What you will do. Give again only those lines from the start of the entries through the line holding "and the type.", leaving them as they are.

[[ Records provided open ]]

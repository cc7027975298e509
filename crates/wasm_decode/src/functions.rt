// The code section: locals and bodies of functions (WebAssembly 1.0, section 5.5.13).
ghost use Rattle.std.specs.Prelude.{◌≡◌, map};
ghost use Rattle.wasm_types.specs.Modules.{func};
ghost use Rattle.wasm_decode.specs.inside.Decoding.{DecodesTo, DecodesAll};
ghost use Rattle.wasm_decode.specs.Values.{sized_at, whole_read};
ghost use Rattle.wasm_decode.specs.Entries.{are_few_locals, locals_at, func_at, funcs_at, code_at};

use crate::error::DecodeError;
use crate::instructions::expression;
use crate::numbers::{end, number};
use crate::types::val_type;
use crate::vectors::{Entry, byte_vector, vector};
use fri_bytes::Cursor;
use std::alloc::Global;
use wasm_types::{Func, ValType};

/// Locals of one type, as their count and the type.
#[tactic(auto, unfolding(crate::specs::Entries::locals_at))]
fn locals(cursor: &mut Cursor) -> Result<(u32, ValType), DecodeError>
    ensures { DecodesTo (λ locals. locals) result cursor.new (locals_at cursor.old.left) }
{
    let count = number(cursor)?;
    Ok((count, val_type(cursor)?))
}

struct LocalsEntry;

impl Entry for LocalsEntry {
    ghost use Rattle.std.specs.Prelude.{ℕ};
    ghost use Rattle.wasm_types.specs.declared.code.ValType.{ValType};
    ghost use Rattle.wasm_decode.specs.Entries.{locals_at};

    type Value = (u32, ValType);

    ghost Shown = { ℕ × ValType };

    ghost view = { λ locals. locals };

    ghost read_at = { locals_at };

    fn read(_alloc: Global, cursor: &mut Cursor) -> Result<(u32, ValType), DecodeError> {
        locals(cursor)
    }
}

/// Whether there are fewer than 2 ^ 32 locals.
fn are_few_locals(locals: &[(u32, ValType)]) -> bool
    ensures { result ≡ are_few_locals locals.now }
{
    let mut total: u32 = 0;
    for (count, _) in locals {
        match total.checked_add(*count) {
            Some(sum) => total = sum,
            None => return false,
        }
    }
    true
}

#[tactic(auto, unfolding(crate::specs::Entries::func_at))]
fn func(alloc: Global, cursor: &mut Cursor, type_index: u32) -> Result<Func, DecodeError>
    ensures { DecodesTo func result cursor.new (func_at type_index cursor.old.left) }
{
    let locals = vector::<LocalsEntry>(alloc, cursor)?;
    if !are_few_locals(&locals) {
        return Err(DecodeError::Malformed);
    }
    let body = expression(alloc, cursor)?;
    Ok(Func {
        type_index,
        locals,
        body,
    })
}

/// The function that all of the bytes spell.
#[tactic(auto, unfolding(crate::specs::Values::whole_read))]
fn whole_func(alloc: Global, contents: &[u8], type_index: u32) -> Result<Func, DecodeError>
    ensures { DecodesAll func result (whole_read (func_at type_index) contents.now) }
{
    let mut cursor = Cursor::new(contents);
    let func = func(alloc, &mut cursor, type_index)?;
    end(&cursor)?;
    Ok(func)
}

/// A size, and a function of that many bytes.
#[tactic(auto, unfolding(crate::specs::Values::sized_at))]
fn sized_func(alloc: Global, cursor: &mut Cursor, type_index: u32) -> Result<Func, DecodeError>
    ensures { DecodesTo func result cursor.new (sized_at (whole_read (func_at type_index)) cursor.old.left) }
{
    let contents = byte_vector(cursor)?;
    whole_func(alloc, contents, type_index)
}

/// A function for each index of a type.
fn funcs(alloc: Global, cursor: &mut Cursor, indices: &[u32]) -> Result<Vec<Func>, DecodeError>
    ensures { DecodesTo (λ v. map func v.items) result cursor.new (funcs_at indices.now cursor.old.left) }
{
    let mut found = Vec::new(alloc);
    for index in indices {
        found.push(sized_func(alloc, cursor, *index)?)?;
    }
    Ok(found)
}

/// A vector of functions, which has to have as many as there are indices of their types.
#[tactic(auto, unfolding(crate::specs::Entries::code_at))]
pub(crate) fn code(
    alloc: Global,
    cursor: &mut Cursor,
    indices: &[u32],
) -> Result<Vec<Func>, DecodeError>
    ensures { DecodesTo (λ v. map func v.items) result cursor.new (code_at indices.now cursor.old.left) }
{
    let count = number(cursor)?;
    if count as usize != indices.len() {
        return Err(DecodeError::Malformed);
    }
    funcs(alloc, cursor, indices)
}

[[ Records provided closed ]]

Output for this exercise.
repository cc7027975298e509
filename crates/wasm_decode/src/functions.rt
// The code section: locals and bodies of functions (WebAssembly 1.0, section 5.5.13).
ghost use Rattle.std.specs.Prelude.{◌≡◌, map};
ghost use Rattle.wasm_types.specs.Modules.{func};
ghost use Rattle.wasm_decode.specs.inside.Decoding.{DecodesTo, DecodesAll};
ghost use Rattle.wasm_decode.specs.Values.{sized_at, whole_read};
ghost use Rattle.wasm_decode.specs.Entries.{are_few_locals, locals_at, func_at, funcs_at, code_at};

use crate::error::DecodeError;
use crate::instructions::expression;
use crate::numbers::{end, number};
use crate::types::val_type;
use crate::vectors::{Entry, byte_vector, vector};
use fri_bytes::Cursor;
use std::alloc::Global;
use wasm_types::{Func, ValType};

/// Locals of one type, as their count and the type.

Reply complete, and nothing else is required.